3 Campaign Ideas to Promote Your Ambassadors (Higher Education)

Take a look at how some of our customers have driven more traffic to their feeds.

You’ve built your dashboard, invited and trained your ambassadors, and your feed is live on your website - now what? Well, you want to focus on driving lots of prospects to your feed, so they can enjoy your ambassadors’ content, explore their FAQ answers, and, ultimately, find their profiles and start a conversation!

We have some general tips collected here, but in this article we wanted to share three specific things we’ve seen our customers do that you can also try yourself - the focus of these examples is broadly to make your promotions as targeted and personalized as possible.

Personalized email campaigns

Email continues to be an effective way of communicating with your prospects - especially when you make the effort to personalize them. INTO University of Alabama at Birmingham (UAB) have done this with fantastic results.

They sent out emails to prospects with a link to the profile of the most relevant ambassador for them to talk to, based on the data they already had on those prospects. The result was a far more direct call-to-action and a 340% increase in new prospects having conversations with their ambassadors in just one month.

If you do try an email campaign, don’t forget to use the tracked links feature so you can monitor how effective they are!

Tailor your feed to your audience and build consistent campaigns

It’s important to remember that your feed should form one part of your wider recruitment mix; use any other events or campaigns to tie everything together.

We’ve seen the University of Sydney and Swinburne University of Technology do this particularly well when trying to engage the Chinese market.

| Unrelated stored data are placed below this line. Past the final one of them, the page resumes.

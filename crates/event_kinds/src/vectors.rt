// The vectors of an event, and their products in the plane of x and y.
ghost use Rattle.std.specs.Prelude.{◌≡◌, IfOk};
ghost use Rattle.spec_expressions.specs.Term.{term};
ghost use Rattle.spec_expressions.specs.Vectors.{IsVector};
ghost use Rattle.spec_kinds.specs.Vectors.{plane_dot, plane_cross};

use event_expr::builders::{coordinate, difference, product, sum};
use event_expr::{Expr, Vector};
use std::alloc::{AllocError, Global};

/// The position of the target.
pub const TARGET: Vector = Vector::Position(0);

/// The position of the second body.
pub const SECOND: Vector = Vector::Position(1);

/// The velocity of the target.
pub const TARGET_VELOCITY: Vector = Vector::Velocity(0);

/// The velocity of the second body.
pub const SECOND_VELOCITY: Vector = Vector::Velocity(1);

/// Returns the expression `u0 v0 + u1 v1`, the dot product of two vectors in the plane of x and y. The only error is
/// out of memory.
pub fn plane_dot(alloc: Global, u: Vector, v: Vector) -> Result<Expr, AllocError>
    requires u { IsVector u }
    requires v { IsVector v }
    ensures { IfOk result (λ e. term e ≡ plane_dot u v) }
{
    let x = product(alloc, coordinate(u, 0), coordinate(v, 0))?;
    let y = product(alloc, coordinate(u, 1), coordinate(v, 1))?;
    sum(alloc, x, y)
}

/// Returns the expression `u0 v1 - u1 v0`, the cross product of two vectors in the plane of x and y. It is 0 if they
/// have one direction there, or opposite ones. The only error is out of memory.
pub fn plane_cross(alloc: Global, u: Vector, v: Vector) -> Result<Expr, AllocError>
    requires u { IsVector u }
    requires v { IsVector v }
    ensures { IfOk result (λ e. term e ≡ plane_cross u v) }
{
    let ahead = product(alloc, coordinate(u, 0), coordinate(v, 1))?;
    let behind = product(alloc, coordinate(u, 1), coordinate(v, 0))?;
    difference(alloc, ahead, behind)
}
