/// Applies the outcome of reaching the state of a form. A new state is stored as a copy of the form; it was never
/// expanded. For an improved state, whether it was ever expanded stays as it was. The hint is one for the form. It can
/// fail only for a new state; the entries are then unchanged.
fn write<F: StateForm + Drop>(
    rows: &mut Rows<F>,
    form: &F,
    entry: SmallEntry,
    outcome: Outcome,
    hint: Hint,
) -> Result<(), AllocError>
    requires form { (ranges : List ℕ) × F.IsForm ranges form.now }
    requires hint { IsHintFor F.hash_input form.now hint }
    requires absent { (i : ℕ) → outcome ≡ New i → position (F.eq form.now) (keys_of rows.old) ≡ None }
    requires within { (i : ℕ) → outcome ≡ Better i → i < length rows.old }
    requires never { entry.ever ≡ false }
    ensures keys { (ranges : List ℕ) → F.IsForm ranges form.now → All (λ p. F.IsForm ranges p.0) rows.old →
        All (λ p. F.IsForm ranges p.0) rows.new }
    ensures nodes { OnOk result ((ranges : List ℕ) → F.IsForm ranges form.now → All (λ p. F.IsForm ranges p.0) rows.old →
        outcome ≡ outcome_of (nodes_of (F.values ranges) rows.old) (node_with (F.values ranges form.now) (entry_in entry)) →
        nodes_of (F.values ranges) rows.new ≡
        reached (nodes_of (F.values ranges) rows.old) (node_with (F.values ranges form.now) (entry_in entry))) }
    ensures ever { OnOk result (ever_of rows.new ≡ padded (ever_of rows.old) (length rows.new)) }
    ensures unchanged { OnErr result (rows.new ≡ rows.old) }
    ensures refused { OnErr result ((i : ℕ) × (outcome ≡ New i)) }
{
    match outcome {
        Outcome::New(_) => {
            let key = form.copy(*rows.allocator())?;
            rows.index_or_push(key, entry, hint)?;
        }
        Outcome::Better(index) => {
            let replacement = entry.in_place_of(rows.entry(index));
            rows.set_entry(index, replacement);
        }
        Outcome::Kept => {}
    }
    Ok(())
}

/// Records that the state of a form was reached, and returns the outcome: the same as `outcome_among`, and then
/// `write`, in one look-up. Appends the entry that this replaces, if there is one, to `replaced`. The hint is one for
/// the form. On failure both lists are unchanged.
fn enter<F: StateForm + Drop>(
    rows: &mut Rows<F>,
    form: &F,
    entry: SmallEntry,
    hint: Hint,
    replaced: &mut Vec<(usize, SmallEntry)>,
) -> Result<Outcome, AllocError>
    requires form { (ranges : List ℕ) × F.IsForm ranges form.now }
    requires hint { IsHintFor F.hash_input form.now hint }
    requires never { entry.ever ≡ false }
    ensures keys { (ranges : List ℕ) → F.IsForm ranges form.now → All (λ p. F.IsForm ranges p.0) rows.old →
        All (λ p. F.IsForm ranges p.0) rows.new }
    ensures outcome { IfOk result (λ o. (ranges : List ℕ) → F.IsForm ranges form.now → All (λ p. F.IsForm ranges p.0) rows.old →
        o ≡ outcome_of (nodes_of (F.values ranges) rows.old) (node_with (F.values ranges form.now) (entry_in entry))) }
    ensures nodes { OnOk result ((ranges : List ℕ) → F.IsForm ranges form.now → All (λ p. F.IsForm ranges p.0) rows.old →
        nodes_of (F.values ranges) rows.new ≡
        reached (nodes_of (F.values ranges) rows.old) (node_with (F.values ranges form.now) (entry_in entry))) }
    ensures noted { IfOk result (λ o. (ranges : List ℕ) →
        Notes (nodes_of (F.values ranges) rows.old) o replaced.old.items replaced.new.items) }
    ensures ever { OnOk result (ever_of rows.new ≡ padded (ever_of rows.old) (length rows.new)) }
    ensures unchanged { OnErr result (rows.new ≡ rows.old) }
    ensures same { OnErr result (replaced.new.items ≡ replaced.old.items) }
{
    let len = rows.len();
    let key = form.copy(*rows.allocator())?;
    let index = match rows.index_or_push(key, entry, hint)? {
        None => return Ok(Outcome::New(len)),
        Some(index) => index,
    };
    let old = rows.entry(index);
    if entry.rank() < old.rank() {
        replaced.push((index, old))?;
        rows.set_entry(index, entry.in_place_of(old));
        return Ok(Outcome::Better(index));
    }
    Ok(Outcome::Kept)
}
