//! Certificates of tasks, made from certificates of their reduced tasks.
#![tactic(auto)]

mod certificate;
mod columns;
mod laws;
mod shares;

pub use certificate::certificate_for_task;
pub use laws::{certificates_of_reduced_tasks, shares_of_operators};
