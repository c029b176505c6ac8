//! Laws of certificates of reduced tasks, for every task and every certificate.

ghost use Rattle.std.specs.Prelude.{◌≡◌, ℕ, ◌≤◌, List, [], Option, IfSome, sum_by, length};
ghost use Rattle.fdr.specs.Tasks.{FiniteDomainTask, IsTask, IsWithinLimits, cost_of};
ghost use Rattle.cert_value.specs.declared.certificate.Version.TheVariants.{Two};
ghost use Rattle.cert_value.specs.declared.table.Share.{Share};
ghost use Rattle.cert_value.specs.Certificates.{CertificateValue};
ghost use Rattle.cert_value.specs.Lawful.{IsLawful};
ghost use Rattle.checker_clauses.specs.Clauses.{share_of};
ghost use Rattle.checker_clauses.specs.Violations.{IsHeld};
ghost use Rattle.reduction.specs.Reductions.{IsReduction, retained_task};
ghost use Rattle.reduction.specs.Represented.{AreRepresented};
ghost use Rattle.reduction_certs.specs.InTask.{HaveNumberedRows, share_in_task, shares_in_task, certificate_in_task};

/// Proves that in the certificate of a task each operator has the share of its representative, and 0 without one.
pub fn shares_of_operators()
    ensures { (representatives : List (Option ℕ)) (shares : List Share) (o : ℕ) →
        share_of (shares_in_task representatives shares) o ≡ share_in_task representatives shares o }
{}

/// Proves that a certificate of the reduced task over the retained operators becomes a certificate of the task: if the
/// former has no violation, then neither has the latter, since an operator makes the abstract transitions and the steps
/// of its representative and costs at least as much, and one without a representative leaves each state as it is;
/// and if the former has a text, then so has the latter.
pub fn certificates_of_reduced_tasks()
    ensures held { (task : FiniteDomainTask) (classes : List (List ℕ)) (retained : List ℕ) (representatives : List (Option ℕ)) (c : CertificateValue) →
        IsTask task → IsReduction task classes retained → AreRepresented task classes retained representatives →
        c.classes ≡ [] → HaveNumberedRows c.columns → IsHeld (retained_task task classes retained) c →
        IsHeld task (certificate_in_task classes representatives c) }
    ensures lawful { (task : FiniteDomainTask) (classes : List (List ℕ)) (retained : List ℕ) (representatives : List (Option ℕ)) (c : CertificateValue) →
        IsTask task → IsWithinLimits task → IsReduction task classes retained → AreRepresented task classes retained representatives →
        c.version ≡ Two → IsLawful c → IsLawful (certificate_in_task classes representatives c) }
{}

Swinburne made posters for in-person recruitment events that featured the faces of their Ambassadors and QR codes taking people right to their profiles - and these Ambassadors were the same people being used in other content across their campaigns, meaning prospects got familiar with them and wanted the opportunity to talk to them.

 

Sydney customized the titles of their feed and pop-cards by changing the text to Mandarin and using them on specific pages aimed at Chinese prospects, while both institutions also had their ambassadors use Mandarin in their profile bios - a subtle way of showing prospects that they didn’t have to have conversations in English if they didn’t want to.

Use data in your email promotions

Going back to email campaigns, don’t be afraid to use data from your dashboard to create a sense of excitement and urgency - a fear of missing out, even!

Keble College, Oxford, have done this particularly well with the emails they send out to their target prospects, including a selection of topics that have been covered in recent conversations on their feed and an idea of how many people are already there chatting. Your data can act as social proof to encourage more people to get involved.

While we’re talking social proof - don’t forget to turn it on for your feed if you haven’t already!

For more ideas about how to make the most of your feed throughout the recruitment cycle, check out this article.

Don’t forget to also make use of the content schedule to ensure a steady stream of ambassador-generated content, and don’t be afraid to download that content and repurpose it on channels other than just feed - make it work as hard as possible to drive traffic back to your feed from all your other digital touchpoints.